Thank you for working on this!

This format is rather verbose at first sight.
I’d recommend using short identifiers (like new_ref, borrow, etc.) – you already have a bullet list of longer explanations.
It’s not able to express the weirdness of PyModule_AddObject, which only steals on success. But maybe such outliers should be special cases (it’s less work to remove calls to PyModule_AddObject than to teach tooling to handle it).

Consider structuring this to separately describe the return value and each argument.
PyErr_Fetch “returns” three new references; PyDict_Next two borrrowed ones. (Those functions are problematic, but a hypothetical “good” C API for dict.popitem would return two new refs. We might add something like that in the future.).

Also consider being able to encode “unknown” states. For example, in your example, mocked_funcA has { "semantic": "stealing reference", "stealing param": N } for N=0,1,2, but for argument 3, it’s not possible to tell if it’s not stolen or if that information is unknown.
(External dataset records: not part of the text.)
//! Counts of writers.

ghost use Rattle.std.specs.Prelude.{◌≡◌, ◌≤◌, ℕ, max, List, [], ◌∷◌, ◌++◌, length, sum_by, IfOk, OnOk, OnErr, slice_get};
ghost use Rattle.std.specs.Option.{option_map};
ghost use Rattle.context_model.specs.GreedyMerge.{AllBelow};
ghost use Rattle.context_model.specs.KeyedMerge.{Finds, IsUnion, keys_of};
ghost use Rattle.context_model.specs.Orders.{atom_cmp};
ghost use Rattle.counter_type.specs.Counts.{IsCounted, counts_joined};

use crate::entries::{copied_entries, join_entries};
use crate::keys::Keys;
use crate::lattice::Lattice;
use outside::{Memory, Octets};
use std::alloc::Global;
use std::cmp::Ordering;
use std::marker::Model;

/// The count of each of some writers. Contracts see it as the list of the writers with their
/// counts, in the byte order of the writers, each once. A join keeps a writer's greatest count.
#[derive(Debug, Drop)]
pub struct Counts {
    entries: Vec<(Octets, u64)>,
}

impl Model for Counts {
    ghost use Rattle.std.specs.Prelude.{ℕ, List};

    ghost Value = { List (List ℕ × ℕ) };

    ghost use Rattle.counter_type.specs.Counts.{IsCounted};

    ghost view = { λ counts. counts.entries.items };

    ghost invariant = { λ counts. IsCounted counts.entries.items };
}

impl Counts {
    /// No counts.
    pub fn new(alloc: Global) -> Counts
        ensures { result ≡ [] }
    {
        Counts {
            entries: Vec::new(alloc),
        }
    }

    /// The count of one writer alone.
    pub fn of(alloc: Global, writer: &[u8], count: u64) -> Result<Counts, Memory>
        ensures { IfOk result (λ made. made ≡ (writer.now, count) ∷ []) }
    {
        let writer = Octets::of(alloc, writer)?;
        let mut entries = Vec::new(alloc);
        entries.push((writer, count))?;
        Ok(Counts { entries })
    }

    /// The sum of all counts.
    pub fn total(&self) -> u128
        ensures { result ≡ sum_by (λ entry. entry.1) self.now }
    {
        let mut total = 0;
        for (_, count) in &self.entries {
            total += widened(*count);
        }
        total
    }

    /// The writer's count, `None` exactly where it has none.
    pub fn get(&self, writer: &[u8]) -> Option<u64>
        ensures { Finds self.now writer.now result }
    {
        let found = self
            .entries
            .binary_search_by(|(held, _)| held.as_slice().cmp(writer));
        match found {
            Ok(place) => Some(self.entries[place].1),
            Err(_) => None,
        }
    }

    /// How many writers there are.
    pub fn len(&self) -> usize
        ensures { result ≡ length self.now }
    {
        self.entries.len()
    }

    /// The writer that has `at` writers before it, with its count; `None` where there is none.
    pub fn nth(&self, at: usize) -> Option<(&[u8], u64)>
        ensures { option_map (λ e. (e.0.now, e.1)) result ≡ slice_get self.now at }
    {
        let (writer, count) = self.entries.get(at)?;
        Some((writer.as_slice(), *count))
    }

    /// Adds a writer, greater than each writer held, with its count. Where memory runs out, the
    /// counts stay unchanged.
    pub fn push(&mut self, writer: &[u8], count: u64) -> Result<(), Memory>
        requires { AllBelow atom_cmp (keys_of self.old) writer.now }
        ensures ok { OnOk result (self.new ≡ self.old ++ (writer.now, count) ∷ []) }
        ensures err { OnErr result (self.new ≡ self.old) }
    {
        let writer = Octets::of(*self.entries.allocator(), writer)?;
        self.entries.push((writer, count))?;
        Ok(())
    }
}

/// A count. A join keeps the greater one, and 0 says nothing.
impl Lattice for u64 {
    ghost use Rattle.std.specs.Prelude.{◌≡◌, max};
    ghost use Rattle.counter_type.specs.Counts.{FitsCount, count_laws};

    ghost proper = { FitsCount };

    ghost alike = { λ _ _. Unit {0} };

    ghost joined = { max };

    ghost bottom = { λ count. count ≡ 0 };

    ghost laws = { count_laws };

    fn join(&mut self, other: &u64) -> Result<(), Memory> {
        *self = (*self).max(*other);
        Ok(())
    }

    fn is_bottom(&self) -> bool {
        *self == 0
    }

    fn copy(&self) -> Result<u64, Memory> {
        Ok(*self)
    }
}

/// Writers, in byte order.
struct Writers;

impl Keys for Writers {
    ghost use Rattle.std.proofs.lemmas.Cmp.{nat_list_cmp_total};
    ghost use Rattle.std.proofs.lemmas.Map.Lookups.{exact_bytes};
    ghost use Rattle.context_model.specs.Orders.{atom_cmp};

    type Key = Octets;

    ghost fits = { λ _ _. Unit {0} };

    ghost order = { λ _. atom_cmp };

    ghost total = { λ _. nat_list_cmp_total };

    ghost exact = { λ _ k j _ _ tie. exact_bytes k j tie };

    fn compare(&self, a: &Octets, b: &Octets) -> Ordering {
        a.as_slice().cmp(b.as_slice())
    }

    fn copy_key(&self, key: &Octets) -> Result<Octets, Memory> {
        key.copy()
    }
}

impl Lattice for Counts {
    ghost use Rattle.std.specs.Prelude.{◌≡◌, []};
    ghost use Rattle.counter_type.specs.Counts.{IsCounted, counts_joined, counts_laws};

    ghost proper = { IsCounted };

    ghost alike = { λ _ _. Unit {0} };

    ghost joined = { counts_joined };

    ghost bottom = { λ counts. counts ≡ [] };

    ghost laws = { counts_laws };

    fn join(&mut self, other: &Counts) -> Result<(), Memory> {
        join_entries(&Writers, &mut self.entries, &other.entries)?;
        Ok(())
    }

    fn is_bottom(&self) -> bool {
        self.entries.is_empty()
    }

    fn copy(&self) -> Result<Counts, Memory> {
        let entries = copied_entries(*self.entries.allocator(), &Writers, &self.entries)?;
        Ok(Counts { entries })
    }
}

/// A join of counts is their union: the writers of both, and at a writer of both the greater count.
pub fn counts_join_is_union()
    ensures { (a b : List (List ℕ × ℕ)) → IsCounted a → IsCounted b
        → IsUnion max a b (counts_joined a b) }
{}

/// The count as a part of a total.
fn widened(count: u64) -> u128
    ensures value { result ≡ count }
    ensures bound { result ≤ 18446744073709551615 }
{
    u128::from(count)
}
Consider structuring the format to allow these extensions in the future:

  • argument names (for error messages or code generation)
  • can it be NULL? When?
  • does the return value use one of the 2 standard ways to signal errors (NULL+exception set or non-NULL; -1 with exception set or >=0)?
  • what is a reference borrowed from? (for example, PyTuple_GetItem borrows from its argument)
  • is an argument an array?
  • is an argument a size of an array argument? (e.g. PyTuple_FromArray)

Maybe something like:

"_PyDict_GetItemRef_KnownHash_LockHeld": {
    "return": {"semantics": "tristate"},
    "arguments": [
        {"name": "op", "semantics": "borrow"},
        {"name": "key": "semantics": "borrow"},
        {"name": "hash"}
        {"name": "result", "output": true, "semantics": "new_ref", "null": "on_nonpositive_result"}
    ],
},
"PyTuple_FromArray": {
    "return": {"semantics": "new_ref", "null": "error"},
    "arguments": [
        {"name": "array", "semantics": "borrow", "array": true},
        {"name": "size", "size_for": "array"},
    ],
},

I imagine any extra data would be useful for public API. This could replace things like the current Doc/data/refcounts.dat file, for example.
To be useful, the file needs to be used/checked by some (public) tooling.
For internal APIs, it might be better to keep the metadatata auto-generated.

1 Like

Thank you for the suggestions. Your point is especially enlightening. This format is not only more concise, but also allows for the inclusion of more valuable information (semantics).